Reading time 2 minutes

Genomic analysis intro

Like any data science, bioinformatics is a discipline of data manipulation. The majority of jobs could be accomplished simply with a method for sequence alignment and data mining using grep, sed, and awk. However, the development of specialised genomics-based tools allows us to standardise procedures and expand the avenues of exploration. One of the greatest single, collaborative, sources of genomics analysis tool is the Genome Analysis Toolkit developed by The Broad Institute.

While not every tool was used in this study, a synopsis of analysis options is worthwhile; an overview of GATK provides a good example of the current trends. The software provided by GATK includes methods for data manipulation. As of writing, there are 291 packages in this software suite. These are divided into major topics of genomic data handling that include:

  • Tools dedicated to managing read data in SAM, BAM or CRAM formats.

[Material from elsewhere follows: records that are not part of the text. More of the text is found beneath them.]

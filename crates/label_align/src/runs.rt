// Runs of rows in order that carry one key.
ghost use Rattle.std.specs.Prelude.{◌≡◌, ◌<◌, ◌≤◌, ◌+◌, ◌^◌, All, IfOk, SomeIff, drop, length, slice_index};
ghost use Rattle.multi_index.specs.Axes.{HaveLevels};
ghost use Rattle.label_align.specs.Both.{tuples_of};
ghost use Rattle.label_align.specs.Runs as runs;

use crate::both::{BothSides, is_same_row};
use cell_core::NoMemory;
use std::alloc::Global;

/// Rows in order that carry one key: one of them, and how many are of the left side and of the right.
#[derive(Clone, Copy)]
pub(crate) struct Run {
    pub row: usize,
    pub lefts: usize,
    pub rights: usize,
}

const NO_RUN: Run = Run {
    row: 0,
    lefts: 0,
    rights: 0,
};

// A run with one row more; those below the count are of the left side.
fn with_row(count: usize, run: Run, row: usize) -> Run
    requires { run.lefts + run.rights + 1 < 2 ^ 64 }
    ensures { result ≡ runs.with_row count run row }
{
    if row < count {
        Run {
            row,
            lefts: run.lefts + 1,
            rights: run.rights,
        }
    } else {
        Run {
            row,
            lefts: run.lefts,
            rights: run.rights + 1,
        }
    }
}

// Whether a run ends with the row at a place.
fn ends_at(both: &BothSides<'_>, rows: &[usize], place: usize) -> bool
    requires place { place < length rows.now }
    requires rows { All (λ row. row < length (tuples_of both.now)) rows.now }
    requires alike { HaveLevels both.now.levels (tuples_of both.now) }
    ensures { result ≡ runs.ends (runs.same_row (tuples_of both.now))
        (slice_index rows.now place) (drop (place + 1) rows.now) }
{
    if place + 1 == rows.len() {
        return true;
    }
    !is_same_row(both, rows[place], rows[place + 1])
}

// The runs of rows in order.
pub(crate) fn runs_of(
    alloc: Global,
    both: &BothSides<'_>,
    rows: &[usize],
) -> Result<Vec<Run>, NoMemory>
    requires rows { All (λ row. row < length (tuples_of both.now)) rows.now }
    requires alike { HaveLevels both.now.levels (tuples_of both.now) }
    ensures { let same = runs.same_row (tuples_of both.now) in
        IfOk result (λ made. made.items
        ≡ runs.runs_from same (length both.now.left.now.tuples) runs.no_run rows.now) }
{
    let count = both.left.len();
    let mut made = Vec::new(alloc);
    let mut run = NO_RUN;
    for place in 0..rows.len() {
        run = with_row(count, run, rows[place]);
        if ends_at(both, rows, place) {
            made.push(run)?;
            run = NO_RUN;
        }
    }
    Ok(made)
}

// How many entries runs have, where they are so many at most.
pub(crate) fn size_of_runs(parts: &[Run], most: usize) -> Option<usize>
    ensures { SomeIff result (runs.counted parts.now ≤ most) (runs.counted parts.now) }
{
    let mut total = 0usize;
    for run in parts {
        let left = run.lefts.max(1);
        let right = run.rights.max(1);
        match left.checked_mul(right) {
            Some(size) if size <= most - total => total += size,
            _ => return None,
        }
    }
    Some(total)
}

  • Diagnostics and QC to collect sequencing quality and comparative metrics;

  • Interval manipulation to process genomic intervals in various formats. For example, converting a BED file to a Picard interval list;

  • Metagenomics. For example, microbial community composition and pathogen detection using read filtering, microbe reference alignment, and abundance scoring;

  • Tools that manipulate FASTA format references. For example, creating a custom capture library relies on oligonucleotide baits for hybrid selection reactions, or making BWA-MEM index image files, or a sequence dictionary to accompany a reference.

  • Variant calling and genotyping for variants such as SNVs, SNPs, and Indels. For example, haplotype calling of germline SNPs and indels by performing a local re-assembly of haplotypes, such HaplotypeCaller gVCF files are generally merged into batches of single gVCFs to manage databases, and joint genotyping is a common approach on these databases. Some tools also specialise in calling somatic SNVs and indels also by local assembly of haplotypes.

  • Variant manipulation software for handling variant call format (VCF) data.

  • Base calling. This is software that is used at the early stage of sequence data interpretation to process the raw data, i.e. base calls, and other attributes such as the adapters used.

  • Read filters which can be applied by the engine to select reads for analysis.

  • Variant annotations is a software that can be used during critical stages of analysis by other tools, i.e. HaplotypeCaller, Mutect2, VariantAnnotator and GenotypeGVCFs.

  • Copy number variant discovery using read coverage to detect copy number variants.

  • Coverage analysis using allele depths as the metric.

  • Structural variant discovery.

  • Variant evaluation and refinement. For example, variant calls can be further detailed using annotations which are not offered by the base software.

  • Variant filtering that allows annotation of the FILTER column in a dataset.